To solve this problem, defense techniques and the attacks they are supposed to protect against need to be assessed under realistic conditions to be able to deliver meaningful results in the first place. Furthermore, such evaluation must not be limited to defenses arising from MTD or any other emerging paradigm for that matter, but be applicable to traditional and established defenses alike, to allow for a fair comparison. To this end, an attack simulation-based evaluation framework is proposed that --- based on detailed modeling --- is able to compare different types of defenses under realistic conditions to produce meaningful results on defense effects.
Case studies conducted with this framework, where different Moving Target Defenses are evaluated in a realistically modeled corporate network, reveal interesting and novel findings. Despite high-ranked publications saying otherwise, one of the most frequently suggested MTD techniques, virtual machine (VM) migration, may in fact have a negative effect on security. However, observed defense effects vary depending on details of the environment they are assessed in, implying that generalizing on the basis of incidental evidence is not advisable. Consequently, for evaluation to be fair and findings to be meaningful, detailed and realistic modeling is not sufficient but evaluation in diverse settings is equally important. To account for this newly determined requirement, the framework is extended with functionality allowing for the automated generation and diversification of realistic benchmark networks.
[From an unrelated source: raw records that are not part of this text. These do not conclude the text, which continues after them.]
ghost use Rattle.format.specs.Layout.{data_2d};
ghost use Rattle.layouts.specs.Lies.{lie_data_2d};

use super::{Form, Layout, Span, TableColumn, column};

// Data 2D: six points of two I7 (any sign).
#[derive(Clone, Copy)]
pub struct Data2D {}

impl Data2D {
    pub const X_1_WIDTH: usize = 7;

    pub const Y_1_WIDTH: usize = 7;

    pub const X_2_WIDTH: usize = 7;

    pub const Y_2_WIDTH: usize = 7;

    pub const X_3_WIDTH: usize = 7;

    pub const Y_3_WIDTH: usize = 7;

    pub const X_4_WIDTH: usize = 7;

    pub const Y_4_WIDTH: usize = 7;

    pub const X_5_WIDTH: usize = 7;

    pub const Y_5_WIDTH: usize = 7;

    pub const X_6_WIDTH: usize = 7;

    pub const Y_6_WIDTH: usize = 7;

    pub const X_1_START: usize = 0;

    pub const Y_1_START: usize = Self::X_1_START + Self::X_1_WIDTH;

    pub const X_2_START: usize = Self::Y_1_START + Self::Y_1_WIDTH;

    pub const Y_2_START: usize = Self::X_2_START + Self::X_2_WIDTH;

    pub const X_3_START: usize = Self::Y_2_START + Self::Y_2_WIDTH;

    pub const Y_3_START: usize = Self::X_3_START + Self::X_3_WIDTH;

    pub const X_4_START: usize = Self::Y_3_START + Self::Y_3_WIDTH;

    pub const Y_4_START: usize = Self::X_4_START + Self::X_4_WIDTH;

    pub const X_5_START: usize = Self::Y_4_START + Self::Y_4_WIDTH;

    pub const Y_5_START: usize = Self::X_5_START + Self::X_5_WIDTH;

    pub const X_6_START: usize = Self::Y_5_START + Self::Y_5_WIDTH;

    pub const Y_6_START: usize = Self::X_6_START + Self::X_6_WIDTH;

    pub const END: usize = Self::Y_6_START + Self::Y_6_WIDTH;
}

impl Layout for Data2D {
    ghost columns = { data_2d };

    ghost lie = { lie_data_2d };

    fn end() -> usize {
        Self::END
    }

    #[tactic(auto, unfolding(crate::specs::Tables::spans_of, format::specs::Layout::data_2d))]
    fn spans() -> &'static [Span] {
        &[
            Span(Self::X_1_START, Self::X_1_WIDTH),
            Span(Self::Y_1_START, Self::Y_1_WIDTH),
            Span(Self::X_2_START, Self::X_2_WIDTH),
            Span(Self::Y_2_START, Self::Y_2_WIDTH),
            Span(Self::X_3_START, Self::X_3_WIDTH),
            Span(Self::Y_3_START, Self::Y_3_WIDTH),
            Span(Self::X_4_START, Self::X_4_WIDTH),
            Span(Self::Y_4_START, Self::Y_4_WIDTH),
            Span(Self::X_5_START, Self::X_5_WIDTH),
            Span(Self::Y_5_START, Self::Y_5_WIDTH),
            Span(Self::X_6_START, Self::X_6_WIDTH),
            Span(Self::Y_6_START, Self::Y_6_WIDTH),
        ]
    }

    fn table() -> &'static [TableColumn] {
        &[
            column!(Self::X_1_START, Self::X_1_WIDTH => Integer, -999999, 9999999),
            column!(Self::Y_1_START, Self::Y_1_WIDTH => Integer, -999999, 9999999),
            column!(Self::X_2_START, Self::X_2_WIDTH => Integer, -999999, 9999999),
            column!(Self::Y_2_START, Self::Y_2_WIDTH => Integer, -999999, 9999999),
            column!(Self::X_3_START, Self::X_3_WIDTH => Integer, -999999, 9999999),
            column!(Self::Y_3_START, Self::Y_3_WIDTH => Integer, -999999, 9999999),
            column!(Self::X_4_START, Self::X_4_WIDTH => Integer, -999999, 9999999),
            column!(Self::Y_4_START, Self::Y_4_WIDTH => Integer, -999999, 9999999),
            column!(Self::X_5_START, Self::X_5_WIDTH => Integer, -999999, 9999999),
            column!(Self::Y_5_START, Self::Y_5_WIDTH => Integer, -999999, 9999999),
            column!(Self::X_6_START, Self::X_6_WIDTH => Integer, -999999, 9999999),
            column!(Self::Y_6_START, Self::Y_6_WIDTH => Integer, -999999, 9999999),
        ]
    }
}
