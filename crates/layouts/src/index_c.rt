ghost use Rattle.format.specs.Layout.{index_c};
ghost use Rattle.layouts.specs.Lies.{lie_index_c};

use super::{Form, Layout, Span, TableColumn, column};

// Index c: I4, I4, nine flags I1 (0,1), direction I1 (0,1), dimension I1 (0,2,3), A65.
#[derive(Clone, Copy)]
pub struct IndexC {}

impl IndexC {
    pub const CLASS_USED_WIDTH: usize = 4;

    pub const STANDARD_CLASS_WIDTH: usize = 4;

    pub const AREA_USED_WIDTH: usize = 1;

    pub const LINE_USED_WIDTH: usize = 1;

    pub const CIRCLE_USED_WIDTH: usize = 1;

    pub const ARC_USED_WIDTH: usize = 1;

    pub const POINT_USED_WIDTH: usize = 1;

    pub const DIRECTION_USED_WIDTH: usize = 1;

    pub const NOTE_USED_WIDTH: usize = 1;

    pub const ATTRIBUTE_USED_WIDTH: usize = 1;

    pub const GRID_AND_NET_USED_WIDTH: usize = 1;

    pub const DIRECTION_WIDTH: usize = 1;

    pub const DIMENSION_WIDTH: usize = 1;

    pub const DESCRIPTION_WIDTH: usize = 65;

    pub const CLASS_USED_START: usize = 0;

    pub const STANDARD_CLASS_START: usize = Self::CLASS_USED_START + Self::CLASS_USED_WIDTH;

    pub const AREA_USED_START: usize = Self::STANDARD_CLASS_START + Self::STANDARD_CLASS_WIDTH;

    pub const LINE_USED_START: usize = Self::AREA_USED_START + Self::AREA_USED_WIDTH;

    pub const CIRCLE_USED_START: usize = Self::LINE_USED_START + Self::LINE_USED_WIDTH;

    pub const ARC_USED_START: usize = Self::CIRCLE_USED_START + Self::CIRCLE_USED_WIDTH;

    pub const POINT_USED_START: usize = Self::ARC_USED_START + Self::ARC_USED_WIDTH;

    pub const DIRECTION_USED_START: usize = Self::POINT_USED_START + Self::POINT_USED_WIDTH;

    pub const NOTE_USED_START: usize = Self::DIRECTION_USED_START + Self::DIRECTION_USED_WIDTH;

    pub const ATTRIBUTE_USED_START: usize = Self::NOTE_USED_START + Self::NOTE_USED_WIDTH;

    pub const GRID_AND_NET_USED_START: usize = Self::ATTRIBUTE_USED_START
        + Self::ATTRIBUTE_USED_WIDTH;

    pub const DIRECTION_START: usize = Self::GRID_AND_NET_USED_START
        + Self::GRID_AND_NET_USED_WIDTH;

    pub const DIMENSION_START: usize = Self::DIRECTION_START + Self::DIRECTION_WIDTH;

    pub const DESCRIPTION_START: usize = Self::DIMENSION_START + Self::DIMENSION_WIDTH;

    pub const END: usize = Self::DESCRIPTION_START + Self::DESCRIPTION_WIDTH;
}

impl Layout for IndexC {
    ghost columns = { index_c };

    ghost lie = { lie_index_c };

    fn end() -> usize {
        Self::END
    }

    #[tactic(auto, unfolding(crate::specs::Tables::spans_of, format::specs::Layout::index_c))]
    fn spans() -> &'static [Span] {
        &[
            Span(Self::CLASS_USED_START, Self::CLASS_USED_WIDTH),
            Span(Self::STANDARD_CLASS_START, Self::STANDARD_CLASS_WIDTH),
            Span(Self::AREA_USED_START, Self::AREA_USED_WIDTH),
            Span(Self::LINE_USED_START, Self::LINE_USED_WIDTH),
            Span(Self::CIRCLE_USED_START, Self::CIRCLE_USED_WIDTH),
            Span(Self::ARC_USED_START, Self::ARC_USED_WIDTH),
            Span(Self::POINT_USED_START, Self::POINT_USED_WIDTH),
            Span(Self::DIRECTION_USED_START, Self::DIRECTION_USED_WIDTH),
            Span(Self::NOTE_USED_START, Self::NOTE_USED_WIDTH),
            Span(Self::ATTRIBUTE_USED_START, Self::ATTRIBUTE_USED_WIDTH),
            Span(Self::GRID_AND_NET_USED_START, Self::GRID_AND_NET_USED_WIDTH),
            Span(Self::DIRECTION_START, Self::DIRECTION_WIDTH),
            Span(Self::DIMENSION_START, Self::DIMENSION_WIDTH),
            Span(Self::DESCRIPTION_START, Self::DESCRIPTION_WIDTH),
        ]
    }

    fn table() -> &'static [TableColumn] {
        &[
            column!(Self::CLASS_USED_START, Self::CLASS_USED_WIDTH => Integer, 0, 9999),
            column!(Self::STANDARD_CLASS_START, Self::STANDARD_CLASS_WIDTH => Integer, 0, 9999),
            column!(Self::AREA_USED_START, Self::AREA_USED_WIDTH => Integer, 0, 1),
            column!(Self::LINE_USED_START, Self::LINE_USED_WIDTH => Integer, 0, 1),
            column!(Self::CIRCLE_USED_START, Self::CIRCLE_USED_WIDTH => Integer, 0, 1),
            column!(Self::ARC_USED_START, Self::ARC_USED_WIDTH => Integer, 0, 1),
            column!(Self::POINT_USED_START, Self::POINT_USED_WIDTH => Integer, 0, 1),
            column!(Self::DIRECTION_USED_START, Self::DIRECTION_USED_WIDTH => Integer, 0, 1),
            column!(Self::NOTE_USED_START, Self::NOTE_USED_WIDTH => Integer, 0, 1),
            column!(Self::ATTRIBUTE_USED_START, Self::ATTRIBUTE_USED_WIDTH => Integer, 0, 1),
            column!(Self::GRID_AND_NET_USED_START, Self::GRID_AND_NET_USED_WIDTH => Integer, 0, 1),
            column!(Self::DIRECTION_START, Self::DIRECTION_WIDTH => Integer, 0, 1),
            column!(Self::DIMENSION_START, Self::DIMENSION_WIDTH => Integer, 0, 3),
        ]
    }
}
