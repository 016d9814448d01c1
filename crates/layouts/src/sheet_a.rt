ghost use Rattle.format.specs.Layout.{sheet_a};
ghost use Rattle.layouts.specs.Lies.{lie_sheet_a};

use super::{Form, Layout, Span, TableColumn, column};

// Sheet a: A2 "M ", A8, A20, level I5, A30, revisions I2, version I1 (1), blank use I1, 15X.
#[derive(Clone, Copy)]
pub struct SheetA {}

impl SheetA {
    pub const TYPE_WIDTH: usize = 2;

    pub const SHEET_WIDTH: usize = 8;

    pub const SHEET_NAME_WIDTH: usize = 20;

    pub const LEVEL_WIDTH: usize = 5;

    pub const TITLE_WIDTH: usize = 30;

    pub const REVISIONS_WIDTH: usize = 2;

    pub const VERSION_WIDTH: usize = 1;

    pub const BLANK_USE_WIDTH: usize = 1;

    pub const BLANK_WIDTH: usize = 15;

    pub const TYPE_START: usize = 0;

    pub const SHEET_START: usize = Self::TYPE_START + Self::TYPE_WIDTH;

    pub const SHEET_NAME_START: usize = Self::SHEET_START + Self::SHEET_WIDTH;

    pub const LEVEL_START: usize = Self::SHEET_NAME_START + Self::SHEET_NAME_WIDTH;

    pub const TITLE_START: usize = Self::LEVEL_START + Self::LEVEL_WIDTH;

    pub const REVISIONS_START: usize = Self::TITLE_START + Self::TITLE_WIDTH;

    pub const VERSION_START: usize = Self::REVISIONS_START + Self::REVISIONS_WIDTH;

    pub const BLANK_USE_START: usize = Self::VERSION_START + Self::VERSION_WIDTH;

    pub const BLANK_START: usize = Self::BLANK_USE_START + Self::BLANK_USE_WIDTH;

    pub const END: usize = Self::BLANK_START + Self::BLANK_WIDTH;
}

impl Layout for SheetA {
    ghost columns = { sheet_a };

    ghost lie = { lie_sheet_a };

    fn end() -> usize {
        Self::END
    }

    #[tactic(auto, unfolding(crate::specs::Tables::spans_of, format::specs::Layout::sheet_a))]
    fn spans() -> &'static [Span] {
        &[
            Span(Self::TYPE_START, Self::TYPE_WIDTH),
            Span(Self::SHEET_START, Self::SHEET_WIDTH),
            Span(Self::SHEET_NAME_START, Self::SHEET_NAME_WIDTH),
            Span(Self::LEVEL_START, Self::LEVEL_WIDTH),
            Span(Self::TITLE_START, Self::TITLE_WIDTH),
            Span(Self::REVISIONS_START, Self::REVISIONS_WIDTH),
            Span(Self::VERSION_START, Self::VERSION_WIDTH),
            Span(Self::BLANK_USE_START, Self::BLANK_USE_WIDTH),
            Span(Self::BLANK_START, Self::BLANK_WIDTH),
        ]
    }

    fn table() -> &'static [TableColumn] {
        &[
            column!(Self::LEVEL_START, Self::LEVEL_WIDTH => Integer, 500, 10000),
            column!(Self::REVISIONS_START, Self::REVISIONS_WIDTH => Integer, 0, 99),
            column!(Self::VERSION_START, Self::VERSION_WIDTH => Integer, 1, 1),
            column!(Self::BLANK_USE_START, Self::BLANK_USE_WIDTH => Integer, 0, 9),
            column!(Self::BLANK_START, Self::BLANK_WIDTH => Blank, 0, 0),
        ]
    }
}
Using this feature, simulation can automatically be scaled with ease, painting a more fine-grained picture of defense effects and their distribution. Analysis of simulation results obtained from 500 of such benchmark networks not only confirms findings of the first case study but also reveals additional effects of the employed defenses, thus further emphasizing the need to base evaluation on a broad range of diverse networks.
Apart from defense evaluation, anonymous and dynamic routing is inspected more closely as one form of Moving Target Defense. Despite being regarded as a promising approach, respective techniques are yet underrepresented in MTD research. To this end, suggested network-layer anonymity protocols for application in the internet are investigated and shortcomings identified to subsequently propose an improved anonymous and dynamic routing protocol that can generally be applied in the context of closed corporate networks and the internet alike.